A new malicious program dubbed Necurs, which over the recent time was found contaminating innumerable computers, is spreading in the wild, state security researchers from MMPC (Microsoft's malware Protection Center). It is reported that 83,427 different PCs have been infected with Necurs during November 2012 alone.

Security Company Kaspersky Lab identified the malware as a rootkit, which MMPC rated as an extremely hostile threat. It has plentiful capabilities. So as typical to a rootkit, Necurs conceals itself from nearly all security software as well as downloads more malicious programs and especially plants a backdoor. This way it helps the attackers to keep accessing the infected system from the remote so activity on that machine can be monitored, while spam gets distributed alternatively scareware is installed.

According to Security Researcher Tim Liu of MMPC, the main capability of Nercus is to bypass identification while persistently remain on the target system. For this, it utilizes one command mechanism which spoils the tools used for recognizing valid commands.
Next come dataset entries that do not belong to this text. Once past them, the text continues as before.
// A formula's text and the place reached in it, as one small value above the readers, which take a slice and a number.
// The grammar is read in `formula_readers`; what a text is refused for is judged in `formula_read`.
#![tactic(auto)]

ghost use Rattle.std.specs.Prelude.{◌≡◌, [], ◌≤◌, ◌<◌, length};
ghost use Rattle.formula_scan.specs.Fields.{as_found};
ghost use Rattle.formula_scan.specs.Readers.{fault_places};
ghost use Rattle.formula_cursor.specs.Whole.{Scanned, if_ended, WholeRead};

use formula_nodes::faults;
use formula_packing::unpacked;
use formula_scan::Parsed;

// A formula's text and the place reached in it.
#[derive(Clone, Copy)]
pub struct Cursor<'a> {
    pub text: &'a [u8],
    pub place: usize,
}

// The sum that begins at a place, its nodes written into the lent tree.
fn sum_from(text: &[u8], place: usize, tree: &mut [u64]) -> Result<Parsed, usize>
    requires { (place ≤ length text.now) × (length text.now < fault_places) }
    ensures { Scanned 64 text.now place tree.old (as_found result) tree.new }
{
    unpacked(formula_readers::read_sum(text, tree, place, 0, faults::NO_FAULT))
}

// What was read of a sum, if no byte is left from a place on; else no formula goes on past that place.
fn if_ended(text: &[u8], place: usize, sum: Result<Parsed, usize>) -> Result<Parsed, usize>
    ensures { as_found result ≡ if_ended text.now place (as_found sum) }
{
    if place < text.len() {
        return Err(place);
    }
    sum.or(Err(place))
}

// A cursor at the start of a text.
pub fn at_start<'a>(text: &'a [u8]) -> Cursor<'a>
    ensures { (result.text ≡ text.entry) × (result.place ≡ 0) }
{
    Cursor { text, place: 0 }
}

// The same text, at the place that a sum reached.
pub fn past<'a>(cursor: Cursor<'a>, sum: Result<Parsed, usize>) -> Cursor<'a>
    ensures { (result.text ≡ cursor.entry.text) × (result.place ≡ (as_found sum).at) }
{
    let place = match sum {
        Ok(parsed) => parsed.at,
        Err(at) => at,
    };
    Cursor {
        text: cursor.text,
        place,
    }
}

// The sum that begins at the cursor's place, its nodes written into the lent tree.
pub fn read_sum<'a, 'b>(cursor: Cursor<'a>, tree: &'b mut [u64]) -> Result<Parsed, usize>
    requires { (cursor.place ≤ length cursor.text.now) × (length cursor.text.now < fault_places) }
    ensures { Scanned 64 cursor.entry.text.now cursor.entry.place tree.old (as_found result) tree.new }
{
    sum_from(cursor.text, cursor.place, tree)
}

// What was read of a sum, if the cursor is at the text's end; else no formula goes on past the cursor's place.
pub fn if_at_end<'a>(cursor: Cursor<'a>, sum: Result<Parsed, usize>) -> Result<Parsed, usize>
    ensures { as_found result ≡ if_ended cursor.entry.text.now cursor.entry.place (as_found sum) }
{
    if_ended(cursor.text, cursor.place, sum)
}

// A whole text, read by a cursor from its start to its end, its nodes written into the lent tree.
pub fn read_whole(text: &[u8], tree: &mut [u64]) -> Result<Parsed, usize>
    requires { length text.now < fault_places }
    ensures { WholeRead 64 text.now tree.old (as_found result) tree.new }
{
    let start = at_start(text);
    let sum = read_sum(start, tree);
    if_at_end(past(start, sum), sum)
}

// The same with no tree to write into.
pub fn scan_whole(text: &[u8]) -> Result<Parsed, usize>
    requires { length text.now < fault_places }
    ensures { WholeRead 64 text.now [] (as_found result) [] }
{
    read_whole(text, &mut [])
}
Threatpost.com published this in news on December 7, 2012.

Liu posts that Necurs' creator has one entire instructions list for the malware while the attackers can choose any from it to activate the instruction(s). Since Necurs is cautious of not letting anti-virus software recognize its chosen instruction(s), it therefore makes its command codes look like random numbers, obfuscated program else trash program.

Fascinatingly, the Necurs triggering component provides powerful anti-security abilities. There's a specific objective of the triggering element i.e. to prevent all of the rootkit's parts from getting eliminated. Importantly, keeping watch over this threat indicates the routine updating of the trigger, which apparently, some other malware groups like Winwebsec too have been employing in addition to Necurs.

In the meantime, MMPC highlights that for Necurs to disable whole ranges of anti-virus solutions its technique is easy yet effective. The rootkit changes the executable pictorial's entry point from the memory while displays a failed condition.

Further, MMPC concludes that users have been reporting of problems with the active security option of MSE (Microsoft Security Essentials) that got disabled soon after they started their PCs.